カタルーニャ巡る混乱続く、スペイン国王が異例の非難
バルセロナ(CNN) スペイン東部カタルーニャ自治州の独立を問う住民投票を巡って、同国のフェリペ国王は3日夕、異例のテレビ演説を行い、住民投票を組織した州政府が国家の安定を揺るがしたとして非難した。
1日に行われた住民投票では警察との衝突で900人近くが負傷。カタルーニャの州都バルセロナでは3日、約70万人が参加して、警察による強硬措置に抗議するデモが行われた。
フェリペ国王は演説の中でカタルーニャ州政府当局者に対し、「法制度で承認されたルールを体系的に覆し、カタルーニャの利益を代表する国家権力に対して容認できない不忠の態度を示した」と異例の強い調子で非難。900人近くが負傷した投票日の衝突には言及しないまま、「その無責任な態度がカタルーニャとスペインの経済や社会的安定を危険にさらしている」と述べ、国家の統一を呼びかけて演説を締めくくった。
一方、カタルーニャのプッチダモン州首相は3日夜、BBCの取材に対し、「今週末または来週初め」までに、一方的に独立を宣言すると言明した。同氏がこの言葉を実行に移した場合、スペインの危機的状況は一層深まる恐れもある。

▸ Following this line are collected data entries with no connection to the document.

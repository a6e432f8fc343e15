//! What the amounts of a tracer do at one cell.
//!
//! No sum and no product reaches 2^62 in size.

ghost use Rattle.std.specs.Prelude.{◌≡◌, ◌<◌, ◌≤◌, ◌^◌, ℕ, ℤ, pos, ◌+ℤ◌, ◌-ℤ◌, ◌*ℤ◌, ◌≤ℤ◌, unsigned_abs, IsTrue};
ghost use Rattle.lbm_space.specs.Stencil.{dot, part, velocity};
ghost use Rattle.lbm_cell.specs.Moments.{populations, density};
ghost use Rattle.lbm_cell.specs.Collision.{floor_div, reflection, with_rest};
ghost use Rattle.lbm_tracer.specs.Limits.{greatest_amount, amount_bound, cell_bound};
ghost use Rattle.lbm_tracer.specs.Sets.{stencil_of, inverse_sound_squared};
ghost use Rattle.lbm_tracer.specs.Collision.{IsFlowMoment, momentum_of, relaxation_of, tracer_collision, in_tracer_limits, first_amount};

use crate::TracerSet;
use crate::constants::{GREATEST_AMOUNT, MAX_DIRECTIONS};
use crate::quotient::{inverse, quotient};
use lbm_cell::{Moment, Rates};

/// The amounts of a cell, one for each direction of a set, and zeros past them.
pub type Amounts = [i64; MAX_DIRECTIONS];

// The inner product of a velocity and the momentum of the flow.
#[inline(always)]
fn along(c: [i64; 3], flow: &Moment) -> i64
    requires unit { (a : ℕ) → a < 3 → unsigned_abs (part c a) ≤ 1 }
    requires flow { IsFlowMoment flow.now }
    ensures value { result ≡ dot c (momentum_of flow.now) }
    ensures size { unsigned_abs result ≤ 5308416 }
{
    c[0] * flow.jx + c[1] * flow.jy + c[2] * flow.jz
}

// weight total carried - scale amount
#[inline(always)]
fn below_equilibrium(weight: i64, total: i64, carried: i64, scale: i64, amount: i64) -> i64
    requires weight_small { unsigned_abs weight ≤ 2 }
    requires total_small { unsigned_abs total ≤ greatest_amount }
    requires carried_small { unsigned_abs carried ≤ 23003136 }
    requires scale_small { unsigned_abs scale ≤ 14155776 }
    requires amount_small { unsigned_abs amount ≤ greatest_amount }
    ensures value { result ≡ weight *ℤ (total *ℤ carried) -ℤ scale *ℤ amount }
    ensures size { unsigned_abs result ≤ 1009371525808128 }
{
    weight * (total * carried) - scale * amount
}

// What the flow makes of the share of direction `k`: its density, and what it carries along.
#[inline(always)]
fn carried(set: TracerSet, flow: &Moment, k: usize) -> i64
    requires known { k < (stencil_of set).directions }
    requires flow { IsFlowMoment flow.now }
    ensures value { result ≡ flow.now.rho +ℤ inverse_sound_squared (stencil_of set) *ℤ dot (velocity (stencil_of set) k) (momentum_of flow.now) }
    ensures size { unsigned_abs result ≤ 23003136 }
{
    flow.rho + set.inverse_sound_squared() * along(set.velocity(k), flow)
}

// The density of the flow, times the denominator.
#[inline(always)]
fn scale_of(set: TracerSet, flow: &Moment) -> i64
    requires { IsFlowMoment flow.now }
    ensures value { result ≡ (stencil_of set).denominator *ℤ flow.now.rho }
    ensures least { pos 2654208 ≤ℤ result }
    ensures most { result ≤ℤ pos 14155776 }
{
    set.denominator() * flow.rho
}

// What `quotient` asks of the denominator times the density and the q of the rates.
#[inline(always)]
fn inverse_of(set: TracerSet, rates: Rates, flow: &Moment) -> f64
    requires { IsFlowMoment flow.now }
{
    inverse(scale_of(set, flow) * rates.q())
}

// What relaxation adds to an amount that is `below` its equilibrium, times `scale`; `inverse` is that of `scale` times the q of the rates.
#[inline(always)]
fn relaxation(rates: Rates, below: i64, scale: i64, inverse: f64) -> i64
    requires below { unsigned_abs below ≤ 1009371525808128 }
    requires least { pos 2654208 ≤ℤ scale }
    requires most { scale ≤ℤ pos 14155776 }
    ensures value { result ≡ floor_div (rates.p *ℤ below) (scale *ℤ rates.q) }
    ensures size { unsigned_abs result ≤ 2 ^ 30 }
{
    quotient(rates.p() * below, scale * rates.q(), inverse)
}

// Amount `k` after it has relaxed toward its equilibrium, where `total` is the amount of the cell.
#[inline(always)]
fn relaxed(
    set: TracerSet,
    rates: Rates,
    flow: &Moment,
    total: i64,
    amount: i64,
    k: usize,
    inverse: f64,
) -> i64
    requires known { k < (stencil_of set).directions }
    requires flow { IsFlowMoment flow.now }
    requires total { unsigned_abs total ≤ greatest_amount }
    requires amount { unsigned_abs amount ≤ greatest_amount }
    ensures value { result ≡ amount +ℤ relaxation_of (stencil_of set) rates flow.now.rho (momentum_of flow.now) total amount k }
    ensures size { unsigned_abs result ≤ 2 ^ 31 }
{
    let carried = carried(set, flow, k);
    let scale = scale_of(set, flow);
    let below = below_equilibrium(set.weight(k), total, carried, scale, amount);
    amount + relaxation(rates, below, scale, inverse)
}

/// The amounts of all directions together.
#[inline(always)]
pub fn sum_of(set: TracerSet, amounts: &Amounts) -> i64
    requires { (k : ℕ) → k < (stencil_of set).directions → unsigned_abs (populations amounts.now k) ≤ amount_bound }
    ensures value { result ≡ density (stencil_of set) (populations amounts.now) }
    ensures size { unsigned_abs result ≤ cell_bound }
{
    let mut sum = 0;
    for k in 0..set.q() {
        sum += amounts[k];
    }
    sum
}

/// Whether a fluid cell is in limits: no amount is negative, and they make at most 16,777,216 together.
#[inline(always)]
pub fn in_limits(set: TracerSet, amounts: &Amounts) -> bool
    requires { (k : ℕ) → k < (stencil_of set).directions → unsigned_abs (populations amounts.now k) ≤ amount_bound }
    ensures { result ≡ in_tracer_limits (stencil_of set) (populations amounts.now) }
{
    for k in 0..set.q() {
        if amounts[k] < 0 {
            return false;
        }
    }
    sum_of(set, amounts) <= GREATEST_AMOUNT
}

/// Whether a cell holds nothing: each amount is 0.
#[inline(always)]
pub fn is_empty(set: TracerSet, amounts: &Amounts) -> bool
    ensures { IsTrue result → (k : ℕ) → k < (stencil_of set).directions → populations amounts.now k ≡ pos 0 }
{
    for k in 0..set.q() {
        if amounts[k] != 0 {
            return false;
        }
    }
    true
}

// The moving amounts as they are, and at rest what is left of `total`.
#[inline(always)]
fn with_rest(set: TracerSet, moving: Amounts, total: i64) -> Amounts
    requires total { unsigned_abs total ≤ greatest_amount }
    requires moving { (k : ℕ) → 0 < k → k < (stencil_of set).directions → unsigned_abs (populations moving k) ≤ 2 ^ 31 }
    ensures value { (k : ℕ) → k < (stencil_of set).directions → populations result k ≡ with_rest (stencil_of set) total (populations moving) k }
    ensures size { (k : ℕ) → k < (stencil_of set).directions → unsigned_abs (populations result k) ≤ amount_bound }
{
    let mut gone = 0;
    for k in 1..set.q() {
        gone += moving[k];
    }
    let mut all = moving;
    all[0] = total - gone;
    all
}

/// The amounts of a fluid cell in limits after a collision: each moving amount relaxes toward its share of the cell's amount
/// that the flow carries along, what relaxation adds being rounded down, and the rest amount takes what is left, so the
/// cell's amount stays (Krüger et al., the chapter on advection and diffusion; the rounding is this project's own).
#[inline(always)]
pub fn collide(set: TracerSet, rates: Rates, flow: &Moment, amounts: &Amounts) -> Amounts
    requires flow { IsFlowMoment flow.now }
    requires limits { IsTrue (in_tracer_limits (stencil_of set) (populations amounts.now)) }
    requires small { (k : ℕ) → k < (stencil_of set).directions → unsigned_abs (populations amounts.now k) ≤ amount_bound }
    ensures value { (k : ℕ) → k < (stencil_of set).directions → populations result k ≡ tracer_collision (stencil_of set) rates flow.now.rho (momentum_of flow.now) (populations amounts.now) k }
    ensures size { (k : ℕ) → k < (stencil_of set).directions → unsigned_abs (populations result k) ≤ amount_bound }
{
    let total = sum_of(set, amounts);
    let inverse = inverse_of(set, rates, flow);
    let mut moving = [0; MAX_DIRECTIONS];
    for k in 1..set.q() {
        moving[k] = relaxed(set, rates, flow, total, amounts[k], k, inverse);
    }
    with_rest(set, moving, total)
}

/// Full-way bounce-back: each amount of the opposite direction.
#[inline(always)]
pub fn turn_back(set: TracerSet, amounts: &Amounts) -> Amounts
    ensures { (k : ℕ) → k < (stencil_of set).directions → populations result k ≡ reflection (stencil_of set) (populations amounts.now) k }
{
    let mut turned = [0; MAX_DIRECTIONS];
    for k in 0..set.q() {
        turned[k] = amounts[set.opposite(k)];
    }
    turned
}

/// The amounts of the cell in which a tracer begins: an amount's share of each moving direction, rounded down, and at rest what
/// is left.
pub fn first_amounts(set: TracerSet, amount: u32) -> Amounts
    requires { amount ≤ greatest_amount }
    ensures value { (k : ℕ) → k < (stencil_of set).directions → populations result k ≡ first_amount (stencil_of set) (pos amount) k }
    ensures size { (k : ℕ) → k < (stencil_of set).directions → unsigned_abs (populations result k) ≤ amount_bound }
{
    let total = i64::from(amount);
    let mut moving = [0; MAX_DIRECTIONS];
    for k in 1..set.q() {
        moving[k] = (set.weight(k) * total).div_euclid(set.denominator());
    }
    with_rest(set, moving, total)
}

フェリペ国王の演説に先立ち、バルセロナでは70万人が国家警察本部前などに集まり、投票を阻止しようとした国家権力による強硬措置に抗議した。商店は休業し、大学は講義を中断、公共交通機関は運行本数を減らしている。
ラホイ首相は首都マドリードで野党と会談。当局は投票を阻止する目的でカタルーニャに配備した国家治安部隊に対し、来週いっぱい同地で待機するよう指示した。